J. A. C. Bland scite author profile

In this paper, we review some of the key concepts in ultrathin film magnetism which underpin nanomagnetism. We survey the results of recent experimental and theoretical studies of well characterized epitaxial structures based on Fe, Co and Ni to illustrate how intrinsic fundamental properties such as the magnetic exchange interactions, magnetic moment and magnetic anisotropies change markedly in ultrathin films as compared with their bulk counterparts, and to emphasize the role of atomic scale structure, strain and crystallinity in determining the magnetic properties. After introducing the key length scales in magnetism, we describe the 2D magnetic phase transition and survey studies of the thickness dependent Curie temperature and the critical exponents which characterize the paramagnetic-ferromagnetic phase transition. We next discuss recent experimental and theoretical results on the determination of the exchange constant, followed by an overview of measurements of the magnetic moment in the elemental 3d transition metal thin films in the various crystal phases that have been successfully stabilized, thereby illustrating the sensitivity of the magnetic moment to the local symmetry and to the atomic environment. Finally, we discuss briefly the magnetic anisotropies of Fe, Co and Ni in the fcc crystalline phase, to emphasize the role of structure and the details of the interface in influencing the magnetic properties. The dramatic effect that adsorbates can have on the magnetic anisotropies of thin magnetic films is also discussed.
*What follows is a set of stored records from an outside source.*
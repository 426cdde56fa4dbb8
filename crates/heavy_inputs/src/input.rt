//! Standard input or a file, read once.

ghost use Rattle.std.specs.Prelude.{None};
ghost use Rattle.std.specs.Io.{ReadsAtMost};

use crate::notes::InputNotes;
use heavy_progress::{ProgressReader, Tail};
use hh_pieces::{GrowingFile, ReadAt};
use std::fs::{File, Metadata};
use std::io::{self, Read, Stdin};

/// What is read.
#[derive(Drop)]
pub(crate) enum InputSource {
    Standard(Stdin),
    /// A file of the disk that isn't empty, and the place up to which it was read.
    Disk(GrowingFile, u64),
    /// Another file.
    File(File),
    /// Standard input once more, of which the first one takes all.
    Nothing,
}

/// How many bytes a file has, where it is one of the disk.
pub(crate) fn len_in(metadata: &Metadata) -> Option<u64> {
    metadata.is_file().then_some(metadata.len())
}

/// How many bytes a file has, where it is one of the disk that isn't empty.
fn size_in(metadata: &Metadata) -> Option<u64> {
    match len_in(metadata) {
        Some(0) | None => None,
        len => len,
    }
}

/// Makes an open `file` ready to be read from its start. A `delimiter` is given where fields may
/// be quoted.
pub(crate) fn source_of(file: File, delimiter: Option<u8>) -> InputSource {
    match file.metadata() {
        Ok(metadata) if size_in(&metadata).is_some() => {
            InputSource::Disk(GrowingFile::new(file, &metadata, delimiter), 0)
        }
        _ => InputSource::File(file),
    }
}

/// Reads `file` on from the place `at`, and checks it where it ends.
fn read_on(file: &GrowingFile, at: &mut u64, buf: &mut [u8]) -> io::Result<usize>
    ensures bound { ReadsAtMost result buf.new }
{
    let count = file.read_at(buf, *at)?;
    if count == 0 {
        file.check()?;
    }
    *at = at.saturating_add(count as u64);
    Ok(count)
}

/// Standard input or a file, which notes its number and the error where it can't be read.
#[derive(Drop)]
pub struct Input<'a> {
    pub(crate) source: InputSource,
    /// Its place among the command line's files, from 1 on, and 0 where it has none.
    pub(crate) number: u64,
    /// What its number and its error go to.
    pub(crate) notes: &'a InputNotes,
    /// Whether its first bytes are kept there too, since it can't be read again.
    pub(crate) keeps_begin: bool,
    /// The byte between two fields; a quote, where no field is quoted.
    pub(crate) delimiter: u8,
    /// Its last bytes, up to its end, if it can't be read again.
    pub(crate) tail: Option<Tail>,
}

impl<'a> Input<'a> {
    /// Takes the next `bytes` for what is said of its end. None are the end.
    fn note_end(&mut self, bytes: &[u8]) {
        if !bytes.is_empty() {
            if let Some(tail) = &mut self.tail {
                tail.add(bytes);
            }
        } else if let Some(tail) = self.tail.take() {
            let endings = self.notes.endings.get();
            let ending = tail.ending(self.delimiter);
            self.notes.endings.set(endings.with(self.number, ending));
        }
    }

    /// Notes the `outcome` of a read into `buf`: its error, or the bytes for what keeps them.
    fn note(&mut self, outcome: &io::Result<usize>, buf: &[u8]) {
        let count = match outcome {
            Ok(count) => count,
            Err(error) => {
                self.notes.unread.note(self.number, error);
                return;
            }
        };
        if let Some(bytes) = buf.get(..*count) {
            if self.keeps_begin {
                self.notes.begin.add(self.number, bytes);
            }
            self.note_end(bytes);
        }
    }
}

impl<'a> Read for Input<'a> {
    ghost remaining = { λ _. None };

    fn read(&mut self, buf: &mut [u8]) -> io::Result<usize> {
        let outcome = match &mut self.source {
            InputSource::Standard(input) => input.read(buf),
            InputSource::Disk(file, at) => read_on(file, at, buf),
            InputSource::File(file) => file.read(buf),
            InputSource::Nothing => Ok(0),
        };
        self.note(&outcome, buf);
        outcome
    }
}

/// A reader of records, which reports its progress where that is asked for.
pub type Reader<'a> = ProgressReader<'a, Input<'a>>;
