//! The inputs that a request names: standard input, pipes and files, how they are read once or more
//! than once, and what is noted of them.
#![tactic(auto)]

mod bad_count;
mod disk_file;
mod input;
mod inputs;
mod kept_pipe;
mod notes;
mod open_file;
mod saved_file;

pub use input::Reader;
pub use inputs::{Inputs, OpenInput, shared_progress};
pub use kept_pipe::temporary_folder;
pub use notes::InputNotes;
pub use open_file::OpenFile;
Our survey demonstrates that the fundamental properties, namely, the magnetic moment and magnetic anisotropies of ultrathin films have dramatically different behaviour compared with those of the bulk while the comparable size of the structural and magnetic contributions to the total energy of ultrathin structures results in an exquisitely sensitive dependence of the magnetic properties on the film structure.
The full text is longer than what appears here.